Key words: education in the post-modern era; education for values, technology in education, augmented reality, evaluation research
Introduction
Despite returns that have occurred in the reality of our lives, it appears that the education system continues to operate as a closed system, resistant to change. As a by-product, most schools and curricula also prepare learners to be passive absorbers of predetermined truth (Doll, 1999), instead of active producers of life knowledge in the post-modern era and operating in an open system, according to ecological-educational approaches (Aviram, 1999; Keini, 2006; Lam, 2002). These features have created a gap between the reality learners experience in school and that of the outside world. The premise is that this incongruity between life in these two realities is likely to create confused learners, who do not develop abilities to decipher reality and choose wisely between values and actions in the complex and highly contradictory world outside school, and additionally, do not exploit the learning time available to them at school to consolidate ethical views, create their personal voices and social contribution.
Context
The Shevah Mofet experimental school in Tel Aviv, is a six-year secondary school including junior high school, high school and a technological college. There total student body is 800 (including the college). The staff consists of 70 teachers. Most students are the children of immigrants and new immigrants from the former Soviet Union. About 80% are not Tel Aviv residents and live in peripheral areas of the central region. The school encourages excellence in the fields of mathematics, sciences and technology, and has an Arts center. Alongside nurturing a Jewish Israeli identity, the school encourages multi-culturalism – preserving the Russian culture. The school is undergoing a rapid process of equipping and improving existing technological infrastructures: computers, I-pads, monitors, wired and wireless Internet, cameras, applications and more.

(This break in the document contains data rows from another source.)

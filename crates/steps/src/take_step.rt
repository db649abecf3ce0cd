// Take: a side takes a value off a source's shelf.
ghost use Rattle.std.specs.Prelude.{◌≡◌, true, ◌<◌};
ghost use Rattle.model.specs.Side.{taken_at};
ghost use Rattle.model.specs.Step.{takes, settled};
ghost use Rattle.sides.specs.Layout.{view_shelf};
ghost use Rattle.sides.specs.Sides.{core_of};
ghost use Rattle.steps.specs.Asked.{OfferIs, TakeAt, Source};
ghost use Rattle.steps.specs.StepIs.{Sane, StepIs};

use crate::room::lobby_offer;
use crate::{Offer, RestStep, Said};
use sides::{Message, Rest, Side, Status, shelf_value};

// The place of shelf place i of a source among the taken marks.
fn taken_at(source: usize, i: usize) -> usize
    requires { (0 < source) × (source < 65536) × (i < 32) }
    ensures { result ≡ taken_at source i }
{
    Side::SHELF * (source - 1) + i
}

// Whether shelf i of the source, which has so many values on it, is not yet taken, with room for a message more.
fn take_offer(
    rows: &[u32],
    o: Rest,
    shelf: &[u32],
    shelved: usize,
    source: usize,
    i: usize,
) -> Offer
    requires { (Sane rows.now o) × Source source shelf.now shelved }
    ensures { OfferIs (settled (takes source (view_shelf shelf.now shelved) (core_of rows.now o) i)) i (TakeAt o source shelved) result }
{
    if shelved <= i {
        return Offer::Refused(10);
    }
    if o.taken[taken_at(source, i)] {
        return Offer::Refused(13);
    }
    lobby_offer(o.lobby.len, 1, i)
}

// Take: shelf i of the source, whose words are lent too, is marked and added to the lobby as down on `mid`. No word changes.
pub fn take(
    rows: &[u32],
    o: Rest,
    shelf: &[u32],
    shelved: usize,
    source: usize,
    i: usize,
) -> RestStep
    requires { (Sane rows.now o) × Source source shelf.now shelved }
    ensures { StepIs (settled (takes source (view_shelf shelf.now shelved) (core_of rows.now o) i)) rows.now o rows.now result }
{
    let a = take_offer(rows, o, shelf, shelved, source, i);
    let Offer::At(k) = a else {
        return RestStep::refused(a, o);
    };
    let m = Message::new(Status::Down, 2, shelf_value(shelf, k));
    let mut taken = o.taken;
    taken[taken_at(source, k)] = true;
    let rest = Rest {
        lobby: o.lobby.with(m),
        taken,
        ..o
    };
    RestStep::plain(Said::Silent, rest)
}
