// The copies that leave of a message that enters or passes: one on `log`, where the side is logged.
ghost use Rattle.std.specs.Prelude.{◌≡◌, ◌++◌, ◌+◌, ◌≤◌, length};
ghost use Rattle.model.specs.Basics.{◌&◌};
ghost use Rattle.model.specs.Step.{copied};
ghost use Rattle.values.specs.Env.{view_value};
ghost use Rattle.wrappers.specs.Copies.{log_if};
ghost use Rattle.sides.specs.Views.{view_lobby, fits_lobby};
ghost use Rattle.sides.specs.Holding.{LobbyIs};
ghost use Rattle.steps.specs.Asked.{copy_fits};

use sides::{Lobby, Message, Status};
use values::Value;

// How many copies leave.
pub(crate) fn copies(logging: bool) -> usize
    ensures { result ≡ length (log_if logging) }
{
    if logging { 1 } else { 0 }
}

// A lobby with the copies of v added.
pub(crate) fn with_copies(l: Lobby, logging: bool, v: Value) -> Lobby
    requires { l.len + length (log_if logging) ≤ 16 }
    ensures { LobbyIs (view_lobby l ++ copied (log_if logging) (view_value v)) (l.len + length (log_if logging)) (fits_lobby l & copy_fits v) result }
{
    if logging {
        l.with(Message::new(Status::Leaving, 3, v))
    } else {
        l
    }
}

The school is interested in establishing reciprocal relations with reality, as an open system whose borders are penetrable. The educational aim is “to choose and combine traditions selectively, to gather those aspects from the past and present that appear to be most relevant to what is on the agenda” (Doll, 1999[SH1] ) and to acts as players who influence relevant communities in their functions. Therefore, the key purpose of the school experiment, was worded as presented to the Research and Development Division, Experiments and Initiatives at the Ministry of Education in 2014-15: to create and assimilate a model of augmented learning that includes pedagogical, organizational and technological components. The aims of the experimental model are based on spirally-developmental process of learners, both at a mental level and practical level. The model draws principles from post-modern epistemological and educational theories (Aviram, 1999; Doll, 1999; Giroux, 1993; Keini, 2006; Lam, 2002) in the context of the aims of education, pedagogy and curricula.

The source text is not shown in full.